Let $\mathbf{\Theta}\in\mathbb{R}^{p\times p}$ be a matrix and denote $\mbox{diag}(\mathbf{\Theta})\in\mathbb{R}^{p\times p}$ the matrix that has the same diagonal as $\mathbf{\Theta}$ and every off-diagonal element zero. I am trying to calculate
$$\frac{\partial \|\mathbf{X}\,[\mathbf{I}-\,(\mathbf{\Theta}-\mbox{diag}(\mathbf{\Theta}))]\,\|_{F}^{2} }{\partial \mathbf{\Theta}}$$
where $\|\cdot\|_{F}$ denotes the Frobenius norm, $\mathbf{I}$ the identity matrix and $\mathbf{X} \in \mathbb{R}^{n \times p}$.
The frobenius norm is equal to \begin{align*} &tr(\mathbf{X}^{\intercal}\mathbf{X})+tr(\mathbf{\Theta}^{\intercal}\mathbf{X}^{\intercal}\mathbf{X}\mathbf{\Theta})+tr(diag(\mathbf{\Theta})\mathbf{X}^{\intercal}\mathbf{X}diag(\mathbf{\Theta})\\ &-2tr(\mathbf{X}^{\intercal}\mathbf{X}\mathbf{\Theta})+2tr(\mathbf{X}^{\intercal}\mathbf{X}diag(\mathbf{\Theta}))-2tr(diag(\mathbf{\Theta})\mathbf{X}^{\intercal}\mathbf{X}\mathbf{\Theta}) \end{align*}
I have also worked out the derivatives to be \begin{align*} &\frac{\partial tr(\mathbf{\Theta}^{\intercal}\mathbf{X}^{\intercal}\mathbf{X}\mathbf{\Theta})}{\partial\mathbf{\Theta}}=2\mathbf{X}^{\intercal}\mathbf{X}\mathbf{\Theta}, \frac{\partial tr(diag(\mathbf{\Theta})\mathbf{X}^{\intercal}\mathbf{X}diag(\mathbf{\Theta})}{\partial\mathbf{\Theta}}=2diag(\mathbf{X}^{\intercal}\mathbf{X})diag(\mathbf{\Theta})\\ &\frac{\partial tr(\mathbf{X}^{\intercal}\mathbf{X}\mathbf{\Theta})}{\partial\mathbf{\Theta}}=\mathbf{X}^{\intercal}\mathbf{X},\frac{\partial tr(\mathbf{X}^{\intercal}\mathbf{X}diag(\mathbf{\Theta}))}{\partial \mathbf{\Theta}}=diag(\mathbf{X}^{\intercal}\mathbf{X}),\\ &\frac{\partial tr(diag(\mathbf{\Theta})\mathbf{X}^{\intercal}\mathbf{X}\mathbf{\Theta})}{\partial\mathbf{\Theta}}=(\mathbf{X}^{\intercal}\mathbf{X})diag(\mathbf{\Theta})+diag(\mathbf{X}^{\intercal}\mathbf{X}\mathbf{\Theta}). \end{align*}
But when I replace I get \begin{align*} \frac{\partial ||\mathbf{X}\,[\mathbf{I}-\,(\mathbf{\Theta}-diag(\mathbf{\Theta}))]\,||_{F}^{2} }{\partial \mathbf{\Theta}}=2\mathbf{X}^{\intercal}\mathbf{X}\mathbf{\Theta}-2diag(\mathbf{X}^{\intercal}\mathbf{X}\mathbf{\Theta})+2diag(\mathbf{X}^{\intercal}\mathbf{X})-2\mathbf{X}^{\intercal}\mathbf{X}, \end{align*} which I think is wrong because the right hand side includes components from the diagonal of $\mathbf{\Theta}$ while the left hand side does not.
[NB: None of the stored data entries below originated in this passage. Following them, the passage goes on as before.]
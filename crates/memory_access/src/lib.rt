//! What a load, a store, an alloca and a getelementptr do to a memory of blocks.
//!
//! Each is exact and total, as `specs/` defines it on lists. Undefined behaviour is an answer of
//! [`load`] and [`store`], poison one of [`load`] and [`gep`]; only [`alloca`] allocates.
//! The rules are those of the LLVM Language Reference and of the block model of Alive2 (Lee, Kim,
//! Hur, Lopes, "An SMT encoding of LLVM's memory model for bounded translation validation", CAV
//! 2021). It builds on `byte_block` and `tv_num`; `points` defines runs by it, which
//! `choice_interp` computes.
#![tactic(auto)]

mod access_types;
mod accesses;
mod blocks;
mod byte_values;
mod laws;
mod offsets;

pub use access_types::{Access, Loaded, Stored};
pub use accesses::{alloca, load, store};
pub use blocks::{bytes_in, is_equal_name};
pub use byte_values::defined_bits;
pub use laws::{
    bytes_hold_numbers, bytes_hold_values, loads_give_stores, numbers_hold_bytes,
    stores_keep_frames, stores_keep_others, zeros_stay,
};
pub use offsets::{Index, gep};
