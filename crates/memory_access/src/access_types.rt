use byte_block::Value;
use tv_num::Width;

/// What a load reads or a store writes.
#[derive(Clone, Copy, Debug, PartialEq, Eq)]
pub enum Access {
    /// An integer of this width, in the fewest bytes that hold it, the least significant first.
    Int(Width),
    /// A pointer, in 8 bytes.
    Pointer,
}

/// What a load gives.
#[derive(Clone, Copy, Debug, PartialEq, Eq)]
pub enum Loaded {
    /// Undefined behaviour.
    Ub,
    Done(Value),
}

/// How a store ends.
#[derive(Clone, Copy, Debug, PartialEq, Eq)]
pub enum Stored {
    /// Undefined behaviour.
    Ub,
    Done,
}
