ghost use Rattle.std.specs.Prelude.{◌≡◌, ◌<◌, ◌≤◌, ◌-◌, ◌*◌, ◌/◌, ◌%◌, ◌^◌, length, min, slice_get};
ghost use Rattle.memory_access.specs.Bytes.{access_size, defined_bits, value_bytes, number_of_bytes, number_or_poison, are_parts, is_part_of, pointer_or_poison, value_of_bytes};

use crate::access_types::Access;
use crate::blocks::is_equal_pointer;
use byte_block::{Byte, Ptr, Value};
use tv_num::Width;

/// How many bytes an access has.
pub fn size_of(access: Access) -> usize
    ensures value { result ≡ access_size access }
    ensures most { result ≤ 8 }
{
    match access {
        Access::Int(width) => (width.bits() as usize + 7) / 8,
        Access::Pointer => 8,
    }
}

/// The byte of a number at an index, from the least significant one on.
fn number_byte(number: u64, k: usize) -> u8
    requires { k < 8 }
    ensures { result ≡ number / 2 ^ (8 * k) % 256 }
{
    (number >> (8 * k) & 255) as u8
}

/// The byte at an index of those whose low bits, this many, are poison.
fn poison_byte(bits: usize, k: usize) -> Byte
    requires { k < 8 }
    ensures { result ≡ Byte.Bits 0 (2 ^ min (bits - 8 * k) 8 - 1) }
{
    let above = bits.saturating_sub(8 * k);
    let mask = if above < 8 { (1 << above) - 1 } else { u8::MAX };
    Byte::Bits { number: 0, mask }
}

/// The bits of a byte's number that are not in the mask.
pub fn defined_bits(number: u8, mask: u8) -> u8
    ensures { result ≡ defined_bits number mask }
{
    number & (u8::MAX - mask)
}

/// The byte at an index of those that a value is stored as. A value of the other kind is stored as
/// poison.
pub fn byte_of(value: Value, access: Access, k: usize) -> Byte
    requires { k < access_size access }
    ensures { slice_get (value_bytes access value) k ≡ Some result }
{
    match access {
        Access::Int(width) => match value {
            Value::Num(number) => Byte::Bits {
                number: number_byte(number, k),
                mask: 0,
            },
            Value::Poison | Value::Ptr(_) => poison_byte(width.bits() as usize, k),
        },
        Access::Pointer => match value {
            Value::Ptr(pointer) => Byte::Part(pointer, k as u8),
            Value::Num(_) | Value::Poison => poison_byte(64, k),
        },
    }
}

/// The number whose bytes these are, the least significant first, if none is a part of a pointer or
/// has a bit that is poison.
#[tactic(auto, unfolding(crate::specs::Bytes::number_of_bytes))]
fn number_in(bytes: &[Byte]) -> Option<u64>
    requires { length bytes.now ≤ 8 }
    ensures { result ≡ number_of_bytes bytes.now }
{
    let mut number = 0u64;
    for i in (0..bytes.len()).rev() {
        match bytes[i] {
            Byte::Bits { number: byte, mask } => {
                if mask != 0 {
                    return None;
                }
                number = byte as u64 + 256 * number;
            }
            Byte::Part(..) => return None,
        }
    }
    Some(number)
}

/// A number that has the width; any other is poison.
fn number_of_width(width: Width, number: Option<u64>) -> Value
    ensures { result ≡ number_or_poison width.bits number }
{
    match number {
        Some(number) if (number as u128) < width.end() => Value::Num(number),
        Some(_) | None => Value::Poison,
    }
}

/// Whether the bytes are the parts 0 to 7 of a pointer, in order.
#[tactic(auto, unfolding(crate::specs::Bytes::are_parts))]
fn is_whole(pointer: Ptr, bytes: &[Byte]) -> bool
    ensures { result ≡ are_parts pointer 0 bytes.now }
{
    for (i, byte) in bytes.iter().enumerate() {
        if !is_part(pointer, i, *byte) {
            return false;
        }
    }
    bytes.len() == 8
}

/// Whether the byte is the part of the pointer with this number.
fn is_part(pointer: Ptr, number: usize, byte: Byte) -> bool
    ensures { result ≡ is_part_of pointer number byte }
{
    match byte {
        Byte::Part(other, part) => is_equal_pointer(pointer, other) && part as usize == number,
        Byte::Bits { .. } => false,
    }
}

/// The pointer whose parts the bytes are; poison if there is none.
fn pointer_in(bytes: &[Byte]) -> Value
    ensures { result ≡ pointer_or_poison bytes.now }
{
    if bytes.is_empty() {
        return Value::Poison;
    }
    match bytes[0] {
        Byte::Part(pointer, _) => {
            if is_whole(pointer, bytes) {
                Value::Ptr(pointer)
            } else {
                Value::Poison
            }
        }
        Byte::Bits { .. } => Value::Poison,
    }
}

/// The value that the bytes of an access are read as.
pub fn value_of(access: Access, bytes: &[Byte]) -> Value
    requires { length bytes.now ≤ 8 }
    ensures { result ≡ value_of_bytes access bytes.now }
{
    match access {
        Access::Int(width) => number_of_width(width, number_in(bytes)),
        Access::Pointer => pointer_in(bytes),
    }
}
As I am not very good with matrix calculus, I would appreciate any intuition. Thank you.
Use the identity matrix $I$ and the all-ones matrix $J$ to define the off-diagonal matrix $$F = J-I$$ For typing convenience, define the matrices $$\eqalign{ A &= \Theta \\B &= X(F\odot A)-X \\ }$$ and use a colon to denote the trace/Frobenius product, i.e. $$M:N = {\rm Tr}(M^TN) = {\rm Tr}(MN^T)$$ Write the cost function using the new notation and calculate its gradient $$\eqalign{ \psi &= B:B \\ d\psi &= 2B:dB \\ &= 2B:X(F\odot dA) \\ &= 2\Big((X^TB)\odot F\Big):dA \\ \frac{\partial\psi}{\partial A} &= 2(X^TB)\odot F \\ }$$
Some of the steps above utilized the cyclic property of the Frobenius product, e.g. $$A:BC = B^TA:C = AC^T:B = etc$$ its relationship to the Frobenius norm $$\|B\|^2_F = B:B$$ and the fact that it commutes with the Hadamard product $$A:(B\odot C) = (A\odot B):C$$